I raise my chin to heaven, tears blurring my eyes. I swallow, seeking guidance from Indra, trying to capture the image of hisresplendence. Rain patters on the roof and I pretend it touches my skin. This place, this mission—never have I been so vulnerable, so powerless.
Anirudh clears his throat. “If you are finding the path of asceticism hard, I think you need more inspiration than we can give you here.”
He utters a chant, and the air above him sparkles into a gleaming, translucent map. The hermitage is a cluster of dots. A dark mass represents the woods I arrived in, and a winding silvery ribbon beyond the forest glistens in the shape of the River Alaknanda.
Anirudh points to a structure away from the river and the forest, leading toward the closest knot of villages. “See this triangle? It is Shiva’s temple, the closest one to the hermitage. I want you to go there after your duties here are done this evening. Maybe being closer to the Great Lord will guide you back to his path.”
Kalyani arches a brow and waves her hand to the lingam Anirudh just consecrated. “This cannot be done here?”
“The temple is consecrated not through yogis alone but through the devotion of many others. Such a thing has its own potential, one Meneka might respond to.” Anirudh makes a balancing motion with his hand. “I wouldn’t ordinarily suggest it, but it is worth a try. Everything else has failed.”
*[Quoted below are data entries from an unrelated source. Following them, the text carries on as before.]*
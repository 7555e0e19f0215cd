//! The symbols of a file.

ghost use Rattle.std.specs.Prelude.{◌≡◌, ◌≤◌, ◌/◌, IsTrue, IfOk, IfErr, OnErr, option_map};
ghost use Rattle.std.specs.List.{find};
ghost use Rattle.evm_room.specs.Growth.{RefusedWithin};
ghost use Rattle.text_symbols.specs.Entries.{section_bytes, symbols_from, known_by, symbols_of_file};
ghost use Rattle.text_symbols.specs.Sections.{is_whole, AreInside};
ghost use Rattle.text_symbols.specs.Nearest.{place_of, name_and_offset, IsPlace, is_named, valued};

use crate::entries::{section_bytes, symbols_from};
use crate::nearest::{place_of, value_of};
use crate::sections::{Section, Tables, tables_of};
use crate::symbol::Symbol;
use evm_room::{NoMemory, Refused};
use std::alloc::Global;
use std::marker::Model;

/// Whether a file has a symbol table.
#[derive(Clone, Copy, Debug, PartialEq, Eq)]
pub enum SymbolTable {
    /// It has none, or is no ELF64 file.
    Absent,
    /// What its headers say of it can't be.
    Damaged,
    /// It was read.
    Read,
}

/// The symbols of a file that have names: none where it has no symbol table, or a damaged one.
#[derive(Debug, Drop)]
pub struct Symbols {
    table: SymbolTable,
    symbols: Vec<Symbol>,
}

impl Model for Symbols {
    ghost use Rattle.text_symbols.specs.Named.{FileSymbols};

    ghost Value = { FileSymbols };

    ghost view = { λ s. record { table = s.table; symbols = s.symbols.items } };
}

/// The symbols of a symbol table and the section of its names.
fn symbols_of(
    alloc: Global,
    file: &[u8],
    entries: &Section,
    names: &Section,
) -> Result<Vec<Symbol>, Refused>
    requires entries { IsTrue (is_whole file.now entries.now) }
    requires names { IsTrue (is_whole file.now names.now) }
    ensures ok { IfOk result (λ symbols. symbols.items ≡ symbols_from file.now (section_bytes file.now names.now) entries.now.offset (entries.now.size / 24)) }
    ensures refused { IfErr result (λ asked. asked ≤ 255) }
{
    let count = entries.size / 24;
    symbols_from(
        alloc,
        file,
        section_bytes(file, names),
        entries.offset as usize,
        count as usize,
    )
}

/// The symbols of the tables that were found.
fn known_by(alloc: Global, file: &[u8], tables: Tables) -> Result<Symbols, Refused>
    requires { AreInside file.now tables }
    ensures ok { IfOk result (λ known. known ≡ known_by file.now tables) }
    ensures refused { IfErr result (λ asked. asked ≤ 255) }
{
    let (table, symbols) = match tables {
        Tables::Absent => (SymbolTable::Absent, Vec::new(alloc)),
        Tables::Damaged => (SymbolTable::Damaged, Vec::new(alloc)),
        Tables::Found(entries, names) => (
            SymbolTable::Read,
            symbols_of(alloc, file, &entries, &names)?,
        ),
    };
    Ok(Symbols { table, symbols })
}

impl Symbols {
    /// Reads the symbols of a file. It allocates at most 80 bytes and the name, of up to 255 bytes, for each 24 bytes of the table.
    ///
    /// # Errors
    ///
    /// `NoMemory` where memory was refused.
    #[tactic(auto, unfolding(crate::specs::Entries::symbols_of_file))]
    pub fn read(alloc: Global, file: &[u8]) -> Result<Symbols, NoMemory>
        ensures ok { IfOk result (λ known. known ≡ symbols_of_file file.now) }
        ensures refused { OnErr result (RefusedWithin 255) }
    {
        match known_by(alloc, file, tables_of(file)) {
            Ok(symbols) => Ok(symbols),
            Err(refused) => {
                refused.within();
                Err(NoMemory)
            }
        }
    }

    /// Whether the file has a symbol table.
    pub fn table(&self) -> SymbolTable
        ensures { result ≡ self.now.table }
    {
        self.table
    }

    /// The symbols, in the file's order.
    pub fn symbols(&self) -> &[Symbol]
        ensures { result.now ≡ self.now.symbols }
    {
        &self.symbols
    }

    /// The symbol that an address belongs to, and how many bytes behind it the address is: of the functions and
    /// objects that hold the address the one that begins last, or else the last label at it or before it. Of
    /// several that begin there it is the first of the table.
    #[tactic(auto, using(crate::proofs::IsFound::place_is))]
    pub fn at(&self, address: u64) -> Option<(&str, u64)>
        ensures exact { option_map (λ x. (x.0.now, x.1)) result ≡ name_and_offset address (place_of self.now.symbols address) }
        ensures place { IsPlace self.now.symbols address (place_of self.now.symbols address) }
    {
        let symbol = place_of(&self.symbols, address)?;
        Some((symbol.name(), address - symbol.value()))
    }

    /// The value of the first symbol of a name.
    pub fn address(&self, name: &str) -> Option<u64>
        ensures { result ≡ valued (find (is_named name.now) self.now.symbols) }
    {
        value_of(&self.symbols, name)
    }
}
I stare at him. My voice is cautious. “I thought we were supposed to keep to the hermitage and the forest, our separation from the outside world complete.”
“If Kaushika finds out, I will take responsibility,” Anirudh answers. “You are not going outside the hermitage to engage in worldly matters. You are going so you may detach even further.”
“Keep your heart true,” Kalyani urges. “Keep your mind pure.”
Misery seeps its tentacles into me, wrapping itself around my body. I understand their words and the risk Anirudh is taking for what theyare—a last chance and a desperate attempt to connect with a magic I do not possess. Prayer to Shiva won’t help me, but I cannot refuse this instruction. It would be as good as giving up. Perhaps leaving the hermitage briefly will ignite other ideas. Silently, I listen as Anirudh provides me directions to the temple.
CHAPTER 9
The rain has become a downpour by the time I reach the small temple a few miles away from the hermitage. My kurta and pajamas stick to me, and my skin is soaked. I shiver, drenched, but I am not truly bothered. Anirudh offered to spin me a shield, but Indra commands the rains. This is but my lord’s blessing.
I breathe in the richness of moist earth, the distant sizzle of lightning, the fresh bloom of wild roses.Home, I think, and Amaravati shimmers for a second in front of me, golden and magnificent, an undulating mirage. An ache seizes me, a hand clasping my heart. I shake my head, knowing there is no return until I finish with Kaushika.